**GIVEN INFORMATION**
ghost use Rattle.std.specs.Prelude.{◌≡◌, ◌+◌, ◌<◌, length, map, IfOk, OnOk, vec_len};
ghost use Rattle.std.specs.List.{range_with_len};
ghost use Rattle.all_to_all.specs.Posts.{state_of, fresh_state, ArePostsOf};
ghost use Rattle.all_to_all.specs.Exchanging.{EachByRank, IsFresh};
ghost use Rattle.all_to_all.specs.Opening.{IsOpenTo, IsHandedOut, IsColumnOf};

use crate::incoming::Incoming;
use crate::outgoing::{Outgoing, ToSend};
use crate::post::Post;
use let_inbox::{Inbox, Named, Putter, others_are_few, others_stand_in_turn};
use pf_num::OutOfMemory;
use std::alloc::Global;

// The inboxes of ranks, their posts, and the putters that aren't handed out to the posts yet.
#[derive(Drop)]
struct Opening<M: Named + Drop> {
    inboxes: Vec<Inbox<M>>,
    posts: Vec<Post<M>>,
    columns: Vec<Column<M>>,
}

// The putters of an inbox.
#[derive(Drop)]
struct Column<M> {
    target: u32,
    putters: Vec<Putter<M>>,
}

/// The inboxes of all ranks, and each rank's post, by rank. All the memory that the posts need is taken here.
pub fn open<M: Named + Drop>(
    alloc: Global,
    ranks: u32,
) -> Result<(Vec<Inbox<M>>, Vec<Post<M>>), OutOfMemory>
    ensures inboxes { IfOk result (λ r. vec_len r.0 ≡ ranks) }
    ensures of_inboxes { IfOk result (λ r. ArePostsOf M.source M.target M.has_terms r.0.items r.1.items) }
    ensures fresh { IfOk result (λ r. map state_of r.1.items
        ≡ map (λ rank. fresh_state rank ranks) (range_with_len 0 ranks)) }
    ensures posts { IfOk result (λ r. length r.1.items ≡ ranks) }
    ensures each { IfOk result (λ r.
        EachByRank (IsFresh M.source M.target M.has_terms r.0.items) r.1.items) }
{
    let mut opening = Opening {
        inboxes: Vec::with_capacity(alloc, ranks as usize)?,
        posts: Vec::with_capacity(alloc, ranks as usize)?,
        columns: Vec::with_capacity(alloc, ranks as usize)?,
    };
    for rank in 0..ranks {
        opening.open_inbox(alloc, rank, ranks)?;
    }
    while let Some(column) = opening.columns.pop() {
        opening.hand_out(column)?;
    }
    Ok((opening.inboxes, opening.posts))
}

impl<M: Named + Drop> Opening<M> {
    // Opens the inbox of the next rank.
    fn open_inbox(&mut self, alloc: Global, rank: u32, ranks: u32) -> Result<(), OutOfMemory>
        requires within { rank < ranks }
        requires before { IsOpenTo M.source M.target M.has_terms rank ranks
            self.old.inboxes.items self.old.posts.items self.old.columns.items }
        ensures after { IfOk result (λ _. IsOpenTo M.source M.target M.has_terms (rank + 1) ranks
            self.new.inboxes.items self.new.posts.items self.new.columns.items) }
    {
        let others = ranks as usize - 1;
        let (inbox, taker, putters) = Inbox::open(alloc, rank, ranks)?;
        let incoming = Incoming {
            taker,
            parcels: Vec::with_capacity(alloc, others)?,
        };
        let outgoing = Outgoing {
            unsent: Vec::with_capacity(alloc, others)?,
            tokens: Vec::with_capacity(alloc, ranks as usize)?,
        };
        self.inboxes.push(inbox)?;
        self.posts.push(Post {
            rank,
            incoming,
            outgoing,
        })?;
        self.columns.push(Column {
            target: rank,
            putters,
        })?;
        Ok(())
    }

    // Hands the putters of an inbox to the posts of the other ranks.
    fn hand_out(&mut self, column: Column<M>) -> Result<(), OutOfMemory>
        requires column { IsColumnOf (vec_len self.old.inboxes) self.old.inboxes.items column }
        requires above { IsHandedOut M.source M.target M.has_terms (column.target + 1)
            self.old.inboxes.items self.old.posts.items }
        ensures here { OnOk result (IsHandedOut M.source M.target M.has_terms column.target
            self.new.inboxes.items self.new.posts.items) }
        ensures inboxes { self.new.inboxes ≡ self.old.inboxes }
        ensures rest { self.new.columns ≡ self.old.columns }
    {
        others_stand_in_turn();
        others_are_few();
        let Column { target, putters } = column;
        let mut putters = putters.into_iter();
        for post in self.posts.iter_mut() {
            if post.rank == target {
                continue;
            }
            let Some(putter) = putters.next() else {
                unreachable!()
            };
            post.outgoing.unsent.push(ToSend { target, putter })?;
        }
        Ok(())
    }
}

**ABOUT THIS TASK**
The answer must consist of every line from the entries that holds the string "next".

**OUTPUT FOR THIS EXERCISE**
    // Opens the inbox of the next rank.
            let Some(putter) = putters.next() else {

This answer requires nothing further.